Abstract
The random amplified polymorphic DNA (RAPD) assay and related techniques like the arbitrarily primed polymerase chain reaction (AP-PCR) have been shown to detect genotoxin-induced DNA damage and mutations. The changes occurring in RAPD profiles following genotoxic treatments include variation in band intensity as well as gain or loss of bands. However, the interpretation of the molecular events responsible for differences in the RAPD patterns is not an easy task since different DNA alterations can induce similar type of changes. In this study, we evaluated the effects of a number of DNA alterations on the RAPD profiles. Genomic DNA from different species was digested with restriction enzymes, ultrasonicated, treated with benzo[a]pyrene (B[a]P) diol epoxide (BPDE) and the resulting RAPD profiles were evaluated. In comparison to the enzymatic DNA digestions, sonication caused greater changes in the RAPD patterns and induced a dose-related disappearance of the high molecular weight amplicons. A DNA sample substantially modified with BPDE caused very similar changes but amplicons of low molecular weight were also affected.
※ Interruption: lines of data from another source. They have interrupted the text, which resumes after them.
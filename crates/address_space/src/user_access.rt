// Struct `AccessRequest`, a fetch, load or store of the user, and the calls of `Space` for it: `translate` walks the page
// table (RISC-V Privileged Architecture 20211203, 4.3.2); `user_access` takes the outcome of that walk, and loads, stores or
// returns a fault.

ghost use Rattle.std.specs.Prelude.{[], ◌≡◌, ◌≢◌, ◌%◌, ℕ, IsTrue};
ghost use Rattle.address_space.specs.Accesses.{request_of, IsWalkOf};
ghost use Rattle.address_space.specs.Agreement.{body_of, IsSpace, IsAlive};
ghost use Rattle.address_space.specs.Kept.{KeepsPlace, OnlyReads};
ghost use Rattle.address_space.specs.Steps.{TakesFrames};
ghost use Rattle.frame_store.specs.Laws.{IsSeatOf, KeepsSeats};
ghost use Rattle.process_model.specs.Bytes.{is_width};
ghost use Rattle.process_model.specs.Process.{Process};
ghost use Rattle.process_model.specs.Service as service;
ghost use Rattle.process_model.specs.declared.reply.ScalarReply.TheVariants as ScalarReply;
ghost use Rattle.process_model.specs.declared.reply.Reply.TheVariants.{Scalar};
ghost use Rattle.table_walk.specs.Leaves.{walk_answer};
ghost use Rattle.table_walk.specs.Tables.{Tables};

use crate::space::Space;
use frame_store::{FrameAccess, FrameSeat};
use process_model::ScalarReply;
use sv39_entry::{Access, FrameNo, Mode, PAGE_SIZE, Va};
use table_walk::{Walk, translate_held};

/// An access that the user makes. `width` is in bytes; a store stores the `width` lowest bytes of `value`, any other access
/// ignores it.
#[derive(Clone, Copy)]
pub struct AccessRequest {
    pub access: Access,
    pub va: Va,
    pub width: u64,
    pub value: u64,
}

impl AccessRequest {
    /// Returns the access to `width` bytes from `address` on. `value` is what a store writes, 0 for a fetch or load.
    pub fn new(access: Access, address: u64, width: u64, value: u64) -> AccessRequest
        ensures { result ≡ record { access = access; va = record { 0 = address }; width = width; value = value } }
    {
        AccessRequest {
            access,
            va: Va(address),
            width,
            value,
        }
    }
}

/// Returns `address` modulo `width`, which is 1, 2, 4 or 8: 0 if an access of `width` bytes at `address` is aligned. Each width
/// is a constant here, so no division is made.
pub fn misalignment(address: u64, width: u64) -> u64
    requires { IsTrue (is_width width) }
    ensures { result ≡ address % width }
{
    match width {
        1 => 0,
        2 => address % 2,
        4 => address % 4,
        _ => address % 8,
    }
}

impl<S: FrameSeat> Space<S> {
    /// Translates an access by the page table in memory: `Leaf`, at level 0, if the page has a leaf that permits the access
    /// in this mode, else `PageFault` with the access's page-fault cause. Never `AccessFault`. Alignment is not checked.
    pub fn translate<F: FrameAccess<Seat = S>>(
        &mut self,
        store: &mut F,
        va: Va,
        access: Access,
        mode: Mode,
    ) -> Walk
        requires fits { IsSeatOf F.invariant store.old self.old.seat }
        requires ready { IsAlive (body_of S.view self.old) }
        ensures walk { (t : Tables) (p : Process) → IsSpace (body_of S.view self.old) t p → result ≡ walk_answer p.scheme t va.0 access mode }
        ensures reads { OnlyReads S.view self.old self.new store.old store.new }
        ensures keeps { KeepsSeats F.invariant store.old self.old.seat store.new self.new.seat }
    {
        let scheme = self.layout.scheme();
        translate_held(store, &mut self.seat, scheme, self.root, va, access, mode)
    }

    /// Makes a user access by `walk`, which must be what `translate` returns for it in user mode on the space as it is.
    /// `width` is 1, 2, 4 or 8. If the address is a multiple of the width and the walk is a leaf, returns `Value` for a
    /// fetch or load, with the bytes as a little-endian number without sign, and `Stored` for a store. Else returns
    /// `Fault`: with the misaligned cause if the address is no multiple of the width, otherwise with the page-fault cause.
    /// Reads no reference count and takes no frame. Unless the reply is `Stored`, the seat's view and the store are
    /// unchanged.
    pub fn user_access<F: FrameAccess<Seat = S>>(
        &mut self,
        store: &mut F,
        walk: Walk,
        request: AccessRequest,
    ) -> ScalarReply
        requires fits { IsSeatOf F.invariant store.old self.old.seat }
        requires ready { (t : Tables) × (p : Process) × IsSpace (body_of S.view self.old) t p × IsWalkOf p.scheme t request walk }
        requires width { IsTrue (is_width request.width) }
        ensures reply { (t : Tables) (p : Process) → IsSpace (body_of S.view self.old) t p → IsWalkOf p.scheme t request walk →
            Scalar result ≡ (service.user_access p (request_of request)).reply }
        ensures after { (t : Tables) (p : Process) → IsSpace (body_of S.view self.old) t p → IsWalkOf p.scheme t request walk →
            IsSpace (body_of S.view self.new) t (service.user_access p (request_of request)).process }
        ensures place { KeepsPlace self.old self.new }
        ensures view { result ≢ ScalarReply.Stored → S.view self.new.seat ≡ S.view self.old.seat }
        ensures same { result ≢ ScalarReply.Stored → store.new ≡ store.old }
        ensures tallies { TakesFrames (S.view self.old.seat) (S.view self.new.seat) 0 [] }
        ensures keeps { KeepsSeats F.invariant store.old self.old.seat store.new self.new.seat }
        ensures free { F.alone → F.free store.new ≡ F.free store.old }
        ensures counts { F.alone → (f : ℕ) → F.count store.new f ≡ F.count store.old f }
    {
        if misalignment(request.va.0, request.width) != 0 {
            return ScalarReply::Fault(request.access.misaligned_cause());
        }
        let address = match walk {
            Walk::Leaf { address, .. } => address,
            Walk::PageFault(cause) | Walk::AccessFault(cause) => return ScalarReply::Fault(cause),
        };
        let Some(frame) = FrameNo::from_ppn(address / PAGE_SIZE) else {
            unreachable!()
        };
        match request.access {
            Access::Store => {
                self.write_at(store, frame, request.va, request.width, request.value);
                ScalarReply::Stored
            }
            Access::Fetch | Access::Load => {
                ScalarReply::Value(self.read_at(store, frame, request.va, request.width))
            }
        }
    }
}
Appearance of new bands and increase in band intensity were also evident in the RAPD profiles generated by the BPDE-modified DNA. Random mutations occurring in mismatch repair-deficient strains did not cause any changes in the banding patterns whereas a single base change in 10-mer primers produced substantial differences. Finally, further research is required to better understand the potential and limitations of the RAPD assay for the detection of DNA damage and mutations.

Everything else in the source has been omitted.